# Wie kann ich Dienste wieder starten?



## Metal-Phoenix (8. Juni 2005)

Also,
bei mir sind anscheinend einige Dienste deaktiviert.Doch ich kann sie nicht mehr aktivieren.Sprich: Ich geh unter ausführen und geb services.msc ein.Dann kommt ja dieses Fenster mit den Programmen.Und da stehen auch welche,die nicht gestartet sind.Wenn ich rechtsklicke,steht dort: Der Dienst X (zb."Windows-Firewall/Gemainsame Nutzung der Internetverbindung") auf "Lokaler Computer" konnte nicht gestartet werden. Fehler 1068: Der Abhängigkeitsdienst oder die Abhängigkeitsgruppe konnte nicht gestartet werden. Meine Frage lautet nun,ob jemand hier weiss,was ich dagegen tun kann,bzw. wie ich die Dienste starten kann.

MfG und Danke im Voraus


----------



## Dexter (8. Juni 2005)

warum schaust Du nicht nach den Abhängigkeiten?

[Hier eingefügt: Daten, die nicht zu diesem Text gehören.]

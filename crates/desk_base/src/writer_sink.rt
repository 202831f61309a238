//! A sink over any of Rust's writers, as standard output. It counts each refusal.

ghost use Rattle.std.specs.Prelude.{◌≡◌};

#[cfg(test)]
mod tests;

use crate::source::count_fault;
use crate::{Failed, Sink};
use std::io::Write;

/// A writer as a sink. It tells what is written where the writer does.
#[derive(Drop)]
pub struct WriterSink<W> {
    writer: W,
    faults: u64,
}

impl<W: Write> WriterSink<W> {
    /// The writer as it stands, with no faults so far.
    pub fn new(writer: W) -> WriterSink<W>
        ensures written { ⟦<WriterSink<W> as Sink>⟧.written result ≡ W.contents writer }
        ensures faults { ⟦<WriterSink<W> as Sink>⟧.faults result ≡ 0 }
    {
        WriterSink { writer, faults: 0 }
    }
}

impl<W: Write> Sink for WriterSink<W> {
    ghost written = { λ s. W.contents s.writer };

    ghost faults = { λ s. s.faults };

    fn write_all(&mut self, bytes: &[u8]) -> Result<(), Failed> {
        let mut at = 0;
        while at < bytes.len() {
            match self.writer.write(&bytes[at..]) {
                Ok(0) => return Err(count_fault(&mut self.faults)),
                Ok(n) => at += n,
                Err(_) => return Err(count_fault(&mut self.faults)),
            }
        }
        match self.writer.flush() {
            Ok(()) => Ok(()),
            Err(_) => Err(count_fault(&mut self.faults)),
        }
    }
}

der Dienst braucht "Windows-Verwaltungsinstrumentation" und dieser "Remoteprozeduraufruf (RPC)" 

laufen denn die beiden Dienste?


----------



## Dumbi (8. Juni 2005)

Start -> Systemsteuerung -> Verwaltung -> Computerverwaltung -> Dienste & Anwendungen -> Dienste
Dort dann den Dienst aktivieren.
Wenn Dienste deaktiviert sind, von denen andere Dienste abhängen, dann kann man das vielleicht so ermitteln: 
Rechtsklick auf den jeweiligen Dienst  -> Eigenschaften -> Register "Abhängigkeiten"


----------



## Metal-Phoenix (8. Juni 2005)

Dexter am 08.06.2005 19:41 schrieb:
			
		

> warum schaust Du nicht nach den Abhängigkeiten?
> 
> der Dienst braucht "Windows-Verwaltungsinstrumentation" und dieser "Remoteprozeduraufruf (RPC)"
> 
> laufen denn die beiden Dienste?



Ja sind sie.Habe ich eben nachgeschaut


----------



## Dexter (8. Juni 2005)

Metal-Phoenix am 08.06.2005 19:46 schrieb:
			
		

> Dexter am 08.06.2005 19:41 schrieb:
> 
> 
> 
> ...



da muss es noch indirekte Abhängigkeiten geben 

Google hat bei der Fehlernummer das ausgespuckt

•	Gatewaydienst auf Anwendungsebene
•	Netzwerkverbindungen
•	NLA (Network Location Awareness)
•	Plug & Play
•	RAS-Verbindungsverwaltung
•	Remoteprozeduraufruf (RPC)
•	Telefonie


----------



## Metal-Phoenix (10. Juni 2005)

Dexter am 08.06.2005 19:56 schrieb:
			
		

> Metal-Phoenix am 08.06.2005 19:46 schrieb:
> 
> 
> 
> ...


Bis auf den Punkt Netzwerkverbindungen ist alles gestartet.Bei Netzwerkverbindungen kommt dann der Fehler: Fehler 126 Das angegebe Modul wurde nicht gefunden.Heisst das vll,dass irgendwas mit den Netzwerkkarten ist?Ich habe eine Onboard LAN und eine PCI WLAN Karte.

MfG und Danke im Voraus


----------



## Metal-Phoenix (11. Juni 2005)

Bitte,ich brauche eure Hilfe.Ich bin nämlich am Wochenende au feine LAN eingeladen und dazu muss ich ja LAN aktivieren und sowas.Oder weiss jemand,wie ich das auch ohne die Verbindungen schaffe,bzw.ob das überhaupt geht?Bitte,bitte helft mir!Auch über google finde ich nix raus. Ich weiss einfach nicht mehr weiter,außer zu formatieren.Aber ich bräuchte viel zu lange,um alles wieder zu installieren und so was....ALso bitte helft mir!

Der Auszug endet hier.